Tout le monde ne réagit pas de la même manière quand ça va mal. Certains s’agitent, d’autres dépriment, d’autres encore ont des idées bizarres ou sont agressifs… il arrive également chez certaines personnes que l’anxiété se traduise en douleurs physiques. Chacun a ses outils pour retrouver un équilibre psychique. Quand on entend un appel au secours, il faut pouvoir le décrypter et accueillir la détresse, éventuellement la désamorcer. Dans ce sens, les proches peuvent être très utiles aux soignants. Ils connaissent les patients ou les résidents bien mieux que les professionnels.

Pour les personnes atteintes de démence et qui ont besoin de déambuler, la situation est vraiment difficile, puisqu’elles peuvent être doublement confinées, sédatées…

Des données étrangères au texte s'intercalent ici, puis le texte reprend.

//! Points and boxes of the grid of 1 um in the earth-fixed frame.

ghost use Rattle.std.specs.Prelude.{◌≡◌, ◌≤◌, ◌<ℤ◌, ◌≤ℤ◌};
ghost use Rattle.grid_model.specs.Sizes.{IsBoxSize};

/// A point of the grid, in um.
#[derive(Clone, Copy, Debug, PartialEq, Eq)]
pub struct Pos {
    pub x: i64,
    pub y: i64,
    pub z: i64,
}

/// The grid points from `lo` to `hi` on each axis, each within 10^13 um of the origin.
#[derive(Clone, Copy, Debug, PartialEq, Eq)]
pub struct Box3 {
    pub lo: Pos,
    pub hi: Pos,
    pub ghost x_ordered: { lo.x ≤ℤ hi.x },
    pub ghost y_ordered: { lo.y ≤ℤ hi.y },
    pub ghost z_ordered: { lo.z ≤ℤ hi.z },
    pub ghost lo_within: { IsBoxSize lo.x × IsBoxSize lo.y × IsBoxSize lo.z },
    pub ghost hi_within: { IsBoxSize hi.x × IsBoxSize hi.y × IsBoxSize hi.z },
}

impl Box3 {
    ghost use Rattle.grid_model.specs.Boxes.{grid_box, side_at, with_side, low_half, high_half};
    ghost use Rattle.grid_model.specs.Boxes.{middle};
    ghost use Rattle.grid_model.specs.Lengths.{side_length, longest_length, IsLongestAxis};

    /// The ends of the side on an axis: 0 for x, 1 for y, and z for each other number.
    pub fn side(&self, axis: u8) -> (i64, i64)
        ensures lo { result.0 ≡ (side_at axis (grid_box self.now)).lo }
        ensures hi { result.1 ≡ (side_at axis (grid_box self.now)).hi }
        ensures ordered { result.0 ≤ℤ result.1 }
        ensures lo_within { IsBoxSize result.0 }
        ensures hi_within { IsBoxSize result.1 }
    {
        match axis {
            0 => (self.lo.x, self.hi.x),
            1 => (self.lo.y, self.hi.y),
            _ => (self.lo.z, self.hi.z),
        }
    }

    /// The length of the side on an axis, in um.
    pub fn length_on(&self, axis: u8) -> u64
        ensures value { result ≡ side_length (side_at axis (grid_box self.now)) }
        ensures bound { result ≤ 20000000000000 }
    {
        let (lo, hi) = self.side(axis);
        (hi - lo) as u64
    }

    /// The first axis with the longest side, and the length of that side in um.
    pub fn longest_axis(&self) -> (u8, u64)
        ensures axis { IsLongestAxis (grid_box self.now) result.0 }
        ensures length { result.1 ≡ longest_length (grid_box self.now) }
        ensures bound { result.1 ≤ 20000000000000 }
    {
        let x = self.length_on(0);
        let y = self.length_on(1);
        let z = self.length_on(2);
        if y <= x && z <= x {
            (0, x)
        } else if z <= y {
            (1, y)
        } else {
            (2, z)
        }
    }

    /// The part with coordinates of at most `hi` on the axis.
    pub fn up_to(&self, axis: u8, hi: i64) -> Box3
        requires low { (side_at axis (grid_box self.now)).lo ≤ℤ hi }
        requires high { hi ≤ℤ (side_at axis (grid_box self.now)).hi }
        ensures { grid_box result ≡ with_side axis (grid_box self.now)
            (record { lo = (side_at axis (grid_box self.now)).lo; hi = hi }) }
    {
        let mut part = *self;
        match axis {
            0 => part.hi.x = hi,
            1 => part.hi.y = hi,
            _ => part.hi.z = hi,
        }
        part
    }

    /// The part with coordinates of at least `lo` on the axis.
    pub fn from_on(&self, axis: u8, lo: i64) -> Box3
        requires low { (side_at axis (grid_box self.now)).lo ≤ℤ lo }
        requires high { lo ≤ℤ (side_at axis (grid_box self.now)).hi }
        ensures { grid_box result ≡ with_side axis (grid_box self.now)
            (record { lo = lo; hi = (side_at axis (grid_box self.now)).hi }) }
    {
        let mut part = *self;
        match axis {
            0 => part.lo.x = lo,
            1 => part.lo.y = lo,
            _ => part.lo.z = lo,
        }
        part
    }

    /// The two halves on an axis, the lower first. The middle belongs to the lower.
    pub fn halves(&self, axis: u8) -> (Box3, Box3)
        requires { (side_at axis (grid_box self.now)).lo <ℤ (side_at axis (grid_box self.now)).hi }
        ensures low { grid_box result.0 ≡ with_side axis (grid_box self.now)
            (low_half (side_at axis (grid_box self.now))) }
        ensures high { grid_box result.1 ≡ with_side axis (grid_box self.now)
            (high_half (side_at axis (grid_box self.now))) }
    {
        let (lo, hi) = self.side(axis);
        let middle = Box3::middle_of(lo, hi);
        (self.up_to(axis, middle), self.from_on(axis, middle + 1))
    }

    /// The middle of two ends, rounded down.
    fn middle_of(lo: i64, hi: i64) -> i64
        requires ordered { lo ≤ℤ hi }
        requires lo_within { IsBoxSize lo }
        requires hi_within { IsBoxSize hi }
        ensures value { result ≡ middle (record { lo = lo; hi = hi }) }
        ensures between { (lo ≤ℤ result) × (result ≤ℤ hi) }
        ensures below { lo <ℤ hi → result <ℤ hi }
    {
        lo + (hi - lo) / 2
    }
}
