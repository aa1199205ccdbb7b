//! What is taken of a file whose epochs weren't all kept.

ghost use Rattle.std.specs.Prelude.{◌≡◌};
ghost use Rattle.epoch_selection.specs.Selections.{selected};
ghost use Rattle.epoch_selection.specs.declared.selection.Selection.{Selection};
ghost use Rattle.rinex_obs.specs.Files.{between};
ghost use Rattle.rinex_obs.specs.Reading.{observations_of, plain_epochs};
ghost use Rattle.rinex_obs.specs.declared.obs.Obs.{Obs};

/// The law: where of a file's observations the epochs from the one number to the other were kept,
/// the selection from the one to the other takes those that it takes of the whole file, and all
/// that were kept. The call does nothing.
pub fn kept_are_selected()
    ensures same { (s : Selection) (all kept : Obs)
        → observations_of kept ≡ between s.from s.to (observations_of all)
        → plain_epochs (selected s kept.epochs.items) ≡ plain_epochs (selected s all.epochs.items) }
    ensures all { (s : Selection) (all kept : Obs)
        → observations_of kept ≡ between s.from s.to (observations_of all)
        → plain_epochs (selected s kept.epochs.items) ≡ plain_epochs kept.epochs.items }
{}
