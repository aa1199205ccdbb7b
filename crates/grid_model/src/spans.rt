//! Whole numbers between two ends, both included.

ghost use Rattle.std.specs.Prelude.{◌≤ℤ◌};

/// The whole numbers from `lo` to `hi`.
#[derive(Clone, Copy, Debug, PartialEq, Eq)]
pub struct Span {
    pub lo: i64,
    pub hi: i64,
    pub ghost ordered: { lo ≤ℤ hi },
}

/// The span of 0 alone.
impl Default for Span {
    fn default() -> Self {
        Span { lo: 0, hi: 0 }
    }
}

/// The whole numbers from `lo` to `hi`, for amounts that pass 64 bits.
#[derive(Clone, Copy, Debug, PartialEq, Eq)]
pub struct Wide {
    pub lo: i128,
    pub hi: i128,
    pub ghost ordered: { lo ≤ℤ hi },
}
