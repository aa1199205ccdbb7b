//! Which epochs of an observation file a run takes, and the box in which each of them is searched.
#![tactic(auto)]

mod laws;
mod searches;
mod selection;
mod walk;

pub use laws::kept_are_selected;
pub use rinex_obs::{FIRST_EPOCH, LAST_EPOCH};
pub use searches::Searches;
pub use selection::Selection;
pub use walk::Walk;
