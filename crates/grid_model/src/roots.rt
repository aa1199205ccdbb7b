//! Whole-number roots.

ghost use Rattle.std.specs.Prelude.{◌↔◌, IsTrue};
ghost use Rattle.grid_model.specs.Roots.{IsRoot};

/// The whole-number root of `a`: the `v` with `v^2 <= a < (v + 1)^2`.
///
/// It is guessed with divisions in 64 bits and then tested. Where the guess is wrong it is found
/// bit by bit, so nothing has to be known of the guess.
pub fn root_u128(a: u128) -> u64
    ensures { IsRoot a result }
{
    let guess = guess(a);
    if is_root(a, guess) {
        guess
    } else {
        a.isqrt() as u64
    }
}

/// Whether `v` is the whole-number root of `a`.
fn is_root(a: u128, v: u64) -> bool
    ensures { IsTrue result ↔ IsRoot a v }
{
    let square = u128::from(v) * u128::from(v);
    square <= a && a - square <= 2 * u128::from(v)
}

/// A guess of the root of a number from 2^64 to 2^112, which squared distances of satellites and
/// squares of cosines are, and which is seldom wrong; 0 for others. The 64 bits in front give 31
/// bits of the root, and one division of what is left over the rest.
fn guess(a: u128) -> u64 {
    let high = low_bits(a >> 64);
    if high == 0 || high >> 48 != 0 {
        return 0;
    }
    let spare = high.leading_zeros() & 62;
    let front = (high << spare) | (low_bits(a) >> (63 - spare) >> 1);
    let root = (root_of_front(front) << (32 - spare / 2)).max(131_072);
    let left_over = a.wrapping_sub(u128::from(root) * u128::from(root));
    root.wrapping_add(low_bits(left_over >> 18) / (root >> 17))
}

/// A guess of the root of a number from 2^62 on, not above it: that of a straight line, which is
/// wrong by at most an eighth, made better three times by Newton's step.
fn root_of_front(front: u64) -> u64 {
    let line = 1_879_048_192 + (front >> 33);
    newton(front, newton(front, newton(front, line))).saturating_sub(1)
}

/// Newton's step towards the root of `a`.
fn newton(a: u64, root: u64) -> u64 {
    root.wrapping_add(a / root.max(1)) / 2
}

/// The low 64 bits.
fn low_bits(a: u128) -> u64 {
    (a & u128::from(u64::MAX)) as u64
}

/// The whole-number root of `a`, as `root_u128`, with numbers of 64 bits alone.
pub fn root_u64(a: u64) -> u64
    ensures { IsRoot a result }
{
    let guess = guess_u64(a);
    let less = guess.saturating_sub(1);
    if is_root_u64(a, guess) {
        guess
    } else if is_root_u64(a, less) {
        less
    } else {
        a.isqrt()
    }
}

/// Whether `v` is the whole-number root of `a`.
fn is_root_u64(a: u64, v: u64) -> bool
    ensures { IsTrue result ↔ IsRoot a v }
{
    if v >> 32 != 0 {
        return false;
    }
    let square = v * v;
    square <= a && a - square <= 2 * v
}

/// A guess of the root of `a`, seldom wrong and then mostly by one more: that of `a` with an even
/// number of places put after it, without half of them.
fn guess_u64(a: u64) -> u64 {
    let spare = a.leading_zeros() & 62;
    let front = a << spare;
    newton(front, root_of_front(front)) >> (spare / 2)
}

Oui c’est possible. Elles peuvent être infectées, et il faut protéger les autres ou l’inverse. Si elles sont agitées et qu’elles n’ont plus de capacité de discernement, il peut être nécessaire d’avoir recours à des moyens sédatifs. La situation extrême dans laquelle nous sommes peut nous y contraindre. En psychiatrie, il arrive que l’on doive parfois protéger des personnes contre leur propre gré, lorsque le jugement est affecté.

En fin de compte, quelle gymnastique psychologique réaliser pour affronter ce temps de confinement ?

Chaque organisme, chaque être vivant, tente de rester en équilibre psychiquement. Nous avons des stimulations externes et des mouvements internes qui peuvent nous déstabiliser. Avec les outils internes que j’ai à disposition, je vais tenter de « digérer » ce qui m’arrive. Souvent, la souffrance arrive en raison du décalage perçu entre l’image que j’ai de moi-même et la réalité. Par exemple, on pense qu’on ne peut être heureux qu’en voyant ses petits-enfants. Mais peut-être que penser à eux, tricoter pour eux, prier pour eux peut aussi nous permettre d’être en lien avec eux. C’est ça aussi, la capacité de se réinventer face à la souffrance… Ce qui est certain, c’est que cette situation inédite implique des réadaptations par rapport à nos relations. Il faut parfois pouvoir réinventer ses propres règles internes. L’essentiel est de rester « debout », de garder sa capacité de remise en question, sa capacité d’étonnement. Parfois, il faut pouvoir réussir à changer ses manières de penser, d’être et de faire. Ce n’est pas toujours évident. S’adapter, c’est la clé pour garder notre équilibre.